Die Charite hat ausgeführt, dass sie zur Vermeidung von Ungleichbehandlungen die Zahlung der Zulage für Ärzte der Entgeltgruppe Ä 4 weiterhin für nötig erachte. Diese Argumentation lässt außer Acht, dass diese Verfahrensweise tarifwidrig ist. zu T 273 bis 277: Die Charite hat die Anspruchsvoraussetzungen auf Zahlung der Zulagen umfänglich geprüft.

Grundlegende Mängel liegen auch in den mit über 100 verschiedenen Varianten unübersichtlich gestalteten Arbeitszeitmodellen für Ärzte, die neben den Zeiten für die reguläre Arbeitszeit (gegliedert in Früh-, Zwischen-, Spät- und Nachtdienst) die Zeiten der Bereitschaftsdienste, der Rufbereitschaftsdienste und der Visitendienste erfassen. Diese Regelungen erschweren die reibungslose Anpassung der Dienste untereinander und führen zu Fehlern bei der Erfassung und Abrechnung von Arbeitszeiten und Bereitschaftsdiensten, Rufbereitschaftsdiensten, Visitendiensten sowie Überstunden und damit zu erheblichen finanziellen Mehraufwendungen.

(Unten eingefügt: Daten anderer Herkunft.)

//! A choice among the children that are up.

ghost use Rattle.std.specs.Prelude.{ℕ, ◌<◌, ◌≤◌, ◌↔◌, length, IsTrue, IsBitSet};

/// A pop of a child that is up. Each pop after the first `from` and before this one was of a child
/// that is down, and is passed over.
#[derive(Clone, Copy, Debug, PartialEq, Eq)]
pub struct Pick {
    /// How many pops were taken before.
    pub from: u64,
    /// The number of the pop, from 1: how many pops are taken now.
    pub to: u64,
    /// The child that it is of.
    pub child: u32,
}

/// What a schedule answers when it is asked for a child that is up.
#[derive(Clone, Copy, Debug, PartialEq, Eq)]
pub enum Drawn {
    /// The next pop of a child that is up.
    Pick(Pick),
    /// No child of positive weight is up.
    NoneUp,
    /// A whole period more would pass 2^62 pops, the last that a schedule gives.
    Spent,
}

/// Whether child `child` is in the mask.
pub(crate) fn is_up(mask: u64, child: u32) -> bool
    requires { child < 64 }
    ensures { IsTrue result ↔ IsBitSet mask child }
{
    (mask >> child) & 1 == 1
}
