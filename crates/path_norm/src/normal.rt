//! The normal form of a path.
ghost use Rattle.std.specs.Prelude.{◌≡◌, [], List, ℕ, OnOk, OnErr, IfErr};
ghost use Rattle.path_norm.specs.Escapes.{HasWholeEscapes};
ghost use Rattle.path_norm.specs.Normal.{IsRooted, Normalises, HasNoDots, IsFaultOf};

use super::Memory;
use super::escapes::first_bad_escape;
use super::segments::{add_segment, cut_segment};

/// Why a path has no normal form.
#[derive(Clone, Copy, Debug, PartialEq, Eq)]
pub enum PathFault {
    /// The first `%` without two hexadecimal digits after it.
    BadEscape { at: usize },
    /// No memory for the normal form of a path whose escapes are whole.
    Memory,
}

/// Replaces `out` by the normal form of a path that begins with a slash: escapes of unreserved
/// bytes are decoded, other escapes get upper-case digits (RFC 3986 section 6.2.2), and then dot
/// segments are removed (section 5.2.4). Repeated slashes stay. After a fault `out` is empty.
pub fn normalise(path: &[u8], out: &mut Vec<u8>) -> Result<(), PathFault>
    requires { IsRooted path.now }
    ensures normal { OnOk result (Normalises path.now out.new.items) }
    ensures no_dots { OnOk result (HasNoDots out.new.items) }
    // Another call on the result changes nothing.
    ensures again { OnOk result (Normalises out.new.items out.new.items) }
    ensures whole { OnOk result (HasWholeEscapes path.now) }
    ensures fault { IfErr result (IsFaultOf path.now) }
    ensures emptied { OnErr result (out.new.items ≡ []) }
{
    out.clear();
    if let Some(at) = first_bad_escape(path) {
        return Err(PathFault::BadEscape { at });
    }
    match write_normal(path, out) {
        Ok(()) => Ok(()),
        Err(_) => {
            out.clear();
            Err(PathFault::Memory)
        }
    }
}

// Appends the normal form of a path whose escapes are whole.
fn write_normal(path: &[u8], out: &mut Vec<u8>) -> Result<(), Memory>
    requires rooted { IsRooted path.now }
    requires whole { HasWholeEscapes path.now }
    requires empty { out.old.items ≡ [] }
    ensures { OnOk result (Normalises path.now out.new.items) }
{
    let mut rest = path;
    let mut ends_in_dots = false;
    while !rest.is_empty() {
        let (segment, after) = cut_segment(rest);
        ends_in_dots = add_segment(segment, out)?;
        rest = after;
    }
    if ends_in_dots {
        out.push(b'/')?;
    }
    Ok(())
}

/// A path has one normal form at most. It begins with a slash, has no dot segment, and is its own
/// normal form.
pub fn normal_paths_are_normal()
    ensures one { (path a b : List ℕ) → Normalises path a → Normalises path b → a ≡ b }
    ensures rooted { (path normal : List ℕ) → IsRooted path → Normalises path normal → IsRooted normal }
    ensures no_dots { (path normal : List ℕ) → IsRooted path → Normalises path normal → HasNoDots normal }
    ensures again { (path normal : List ℕ) → Normalises path normal → Normalises normal normal }
{}
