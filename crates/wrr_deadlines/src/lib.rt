//! The weighted earliest-deadline schedule: job k of a child of weight w is due at k / w, and jobs
//! are popped in the order in which they are due, by exact fractions, the lower child first where
//! two are due at once. It knows nothing of servers: a child is a number, and which children are up
//! is a mask.
#![tactic(auto)]

mod choice;
mod laws;
mod reduced;
mod schedule;
mod table;

pub use choice::{Drawn, Pick};
pub use laws::{
    follows_the_ratios, one_lawful_pick, one_list_of_each_length, repeats_with_the_period,
};
pub use reduced::period_of;
pub use schedule::Edf;
pub use table::Period;

/// What a call answers that found no memory.
pub type Memory = std::alloc::AllocError;

#[cfg(test)]
mod tests;
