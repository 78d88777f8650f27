//! Paths of the RFCs, and ones that try to pass a rule.
use super::{PathFault, normalise};
use std::alloc::Global;
use std::process::Abort;
use std::test::Fail;

fn expect_normal(rt: &impl Abort, alloc: Global, path: &[u8], normal: &[u8]) -> Result<(), Fail> {
    let mut out = b"before".to_vec(alloc)?;
    assert!(rt; matches!(path, [b'/', ..]));
    assert!(rt; normalise(path, &mut out).is_ok());
    assert_eq!(rt; out.as_slice(), normal);
    Ok(())
}

#[test]
fn paths(rt: HostRuntime) -> Result<(), Fail> {
    let alloc = rt.alloc();
    expect_normal(&rt, alloc, b"/", b"/")?;
    expect_normal(&rt, alloc, b"/a/%2e%2e/adm%69n", b"/admin")?;
    expect_normal(&rt, alloc, b"/a/./b/../c/.", b"/a/c/")?;
    expect_normal(&rt, alloc, b"/..", b"/")?;
    expect_normal(&rt, alloc, b"/%2f%7e", b"/%2F~")?;
    expect_normal(&rt, alloc, b"/a//../b", b"/a/b")?;
    expect_normal(&rt, alloc, b"//a/", b"//a/")?;
    expect_normal(&rt, alloc, b"/a/...", b"/a/...")?;
    expect_normal(&rt, alloc, b"/%252e%252e/x", b"/%252e%252e/x")?;
    // RFC 3986 section 5.2.4.
    expect_normal(&rt, alloc, b"/a/b/c/./../../g", b"/a/g")?;
    let mut out = b"before".to_vec(alloc)?;
    assert!(rt; normalise(b"/%2", &mut out) == Err(PathFault::BadEscape { at: 1 }));
    assert!(rt; out.is_empty());
    assert!(rt; normalise(b"/a%%41", &mut out) == Err(PathFault::BadEscape { at: 2 }));
    assert!(rt; normalise(b"/%2g", &mut out) == Err(PathFault::BadEscape { at: 1 }));
    assert!(rt; normalise(b"/%2/0", &mut out) == Err(PathFault::BadEscape { at: 1 }));
    Ok(())
}
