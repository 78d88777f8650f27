//! The normal form of a request's path (RFC 3986 sections 5.2.4 and 6.2.2): what the rules of
//! routers are asked about, so that a path can't be spelled past a rule.
#![tactic(auto)]

mod escapes;
mod normal;
mod segments;
#[cfg(test)]
mod tests;

pub use normal::{PathFault, normal_paths_are_normal, normalise};

/// Memory ran out.
pub type Memory = std::alloc::AllocError;
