//! What the weights have in common.

ghost use Rattle.std.specs.Prelude.{◌≡◌, ℕ, ◌<◌, ◌≤◌, ◌↔◌, length, IsTrue};
ghost use Rattle.std.specs.Int.{IsGcd};
ghost use Rattle.wrr_deadlines.specs.Reduced.{period_len};
ghost use Rattle.wrr_deadlines.specs.Choice.{HasUp};

use crate::choice::is_up;

/// The number of pops after which the schedule of these weights repeats: their sum, divided by
/// their greatest common divisor, and 0 where none is positive.
pub fn period_of(weights: &[u32]) -> u64
    requires { length weights.now ≤ 64 }
    ensures { result ≡ period_len weights.now }
{
    let mut sum = 0;
    let mut divisor = 0;
    for weight in weights {
        sum += u64::from(*weight);
        divisor = greatest_common_divisor(divisor, u64::from(*weight));
    }
    if sum == 0 { 0 } else { sum / divisor }
}

/// Euclid's steps.
fn greatest_common_divisor(a: u64, b: u64) -> u64
    ensures { IsGcd a b result }
{
    let mut x = a;
    let mut y = b;
    while y > 0 {
        let rest = x % y;
        x = y;
        y = rest;
    }
    x
}

/// Whether a child of positive weight is in the mask.
pub(crate) fn any_up(weights: &[u32], mask: u64) -> bool
    requires { length weights.now ≤ 64 }
    ensures found { IsTrue result → HasUp weights.now mask }
    ensures all { HasUp weights.now mask → IsTrue result }
{
    for (child, weight) in weights.iter().enumerate() {
        if *weight > 0 && is_up(mask, child as u32) {
            return true;
        }
    }
    false
}
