//! The schedule by deadlines: the child whose next job is due first is found anew at each pop.

ghost use Rattle.std.specs.Prelude.{◌≡◌, ℕ, ◌+◌, ◌-◌, ◌^◌, ◌<◌, ◌≤◌, ◌==◌, if◌then◌else◌, Bool, length, slice_index, IfOk};
ghost use Rattle.wrr_deadlines.specs.Schedule.{IsWeighted};
ghost use Rattle.wrr_deadlines.specs.Turn.{earliest, popped_child};
ghost use Rattle.wrr_deadlines.specs.Reduced.{period_len};
ghost use Rattle.wrr_deadlines.specs.Choice.{HasUp, PicksFrom, Draws};
ghost use Rattle.wrr_deadlines.specs.Progress.{Progress, after_draw};

use crate::Memory;
use crate::choice::{Drawn, Pick, is_up};
use crate::reduced::{any_up, period_of};
use std::alloc::Global;
use std::marker::Model;

/// The last pop that a schedule gives.
pub(crate) const LAST_POP: u64 = 1 << 62;

/// A schedule under way. Counts are kept within the period, so that fractions compare in 64 bits.
#[derive(Drop)]
pub struct Edf {
    weights: Vec<u32>,
    counts: Vec<u32>,
    period: u64,
    taken: u64,
}

impl Model for Edf {
    ghost use Rattle.wrr_deadlines.specs.Progress.{Progress};
    ghost use Rattle.wrr_deadlines.specs.Counted.{IsCounted};

    ghost Value = { Progress };

    ghost view = { λ e. record { weights = e.weights.items; taken = e.taken } };

    ghost invariant = { λ e. IsCounted e.weights.items e.counts.items e.period e.taken };
}

impl Edf {
    /// The schedule of these weights, before its first pop.
    pub fn new(alloc: Global, weights: &[u32]) -> Result<Edf, Memory>
        requires few { length weights.now ≤ 64 }
        requires short { period_len weights.now ≤ 65536 }
        ensures { IfOk result (λ e. e ≡ record { weights = weights.now; taken = 0 }) }
    {
        let own = Vec::from_slice(alloc, weights)?;
        let counts = vec![in alloc; 0; weights.len()]?;
        Ok(Edf {
            weights: own,
            counts,
            period: period_of(weights),
            taken: 0,
        })
    }

    /// How many pops were taken.
    pub fn taken(&self) -> u64
        ensures { result ≡ self.now.taken }
    {
        self.taken
    }

    /// The next pop.
    pub fn pop(&mut self) -> u32
        requires weighted { IsWeighted self.old.weights }
        requires more { self.old.taken < 2 ^ 62 }
        ensures popped { result ≡ popped_child self.old.weights (self.old.taken + 1) }
        ensures within { result < length self.old.weights }
        ensures few { result < 64 }
        ensures after { self.new ≡ record self.old { taken = self.old.taken + 1 } }
    {
        let child = due_first(&self.weights, &self.counts);
        self.taken += 1;
        let period_over = self.taken % self.period == 0;
        count_pop(&mut self.counts, child, period_over);
        child as u32
    }

    /// The next pop of a child in the mask. A child that is passed over has had its turn.
    pub fn choose(&mut self, mask: u64) -> Drawn
        ensures drawn { Draws self.old.weights mask self.old.taken result }
        ensures after { self.new ≡ after_draw self.old result }
    {
        if !any_up(&self.weights, mask) {
            return Drawn::NoneUp;
        }
        if self.taken + self.period > LAST_POP {
            return Drawn::Spent;
        }
        Drawn::Pick(self.draw(mask))
    }

    fn draw(&mut self, mask: u64) -> Pick
        requires up { HasUp self.old.weights mask }
        requires more { self.old.taken + period_len self.old.weights ≤ 2 ^ 62 }
        ensures drawn { PicksFrom self.old.weights mask self.old.taken result }
        ensures after { self.new ≡ record self.old { taken = result.to } }
    {
        let from = self.taken;
        for _passed in 0..self.period {
            let child = self.pop();
            if is_up(mask, child) {
                return Pick {
                    from,
                    to: self.taken,
                    child,
                };
            }
        }
        unreachable!()
    }
}

/// The child whose next job is due first, by how many of its jobs were popped.
fn due_first(weights: &[u32], counts: &[u32]) -> usize
    requires same { length counts.now ≡ length weights.now }
    requires small { (i : ℕ) → slice_index counts.now i ≤ 65536 }
    ensures { result ≡ earliest weights.now (λ i. slice_index counts.now i + 1) (length weights.now) }
{
    let mut first = 0;
    for child in 0..weights.len() {
        let job = u64::from(counts[child]) + 1;
        let first_job = u64::from(counts[first]) + 1;
        if job * u64::from(weights[first]) < first_job * u64::from(weights[child]) {
            first = child;
        }
    }
    first
}

/// Counts a pop of this child, and begins again where a period is over.
fn count_pop(counts: &mut [u32], child: usize, period_over: bool)
    requires within { child < length counts.old }
    requires small { slice_index counts.old child < 2 ^ 32 - 1 }
    ensures { (i : ℕ) → i < length counts.old → slice_index counts.new i
        ≡ (if period_over then 0
        else slice_index counts.old i + (if child == i then 1 else 0)) }
{
    if period_over {
        for count in counts.iter_mut() {
            *count = 0;
        }
    } else {
        counts[child] += 1;
    }
}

Wie schon bei früheren Prüfungen hat der Rechnungshof zahlungsrelevante Fehler bei der Erfassung und Abrechnung der einzelnen Dienste durch falsche und unzulängliche Eintragungen sowie fehlende Plausibilitätskontrollen innerhalb des Systems der Personaleinsatzplanung festgestellt. Mit der Einführung eines elektronischen Systems zur Zeiterfassung wurde die Kontrolle der geleisteten, erfassten und abgerechneten Dienste den jeweiligen Dienstplanverantwortlichen übertragen. Eine Kontrolle findet aber entweder überhaupt nicht oder nur ungenügend statt. Offensichtlich gehen die Dienstplanverantwortlichen davon aus, dass durch die elektronische Zeiterfassung alle Daten koordiniert und auf Plausibilität geprüft sind.

Mängel, die zu Überzahlungen führten, ergaben sich auch bei der Erfassung und Abgeltung der Rufbereitschafts- und Bereitschaftsdienste.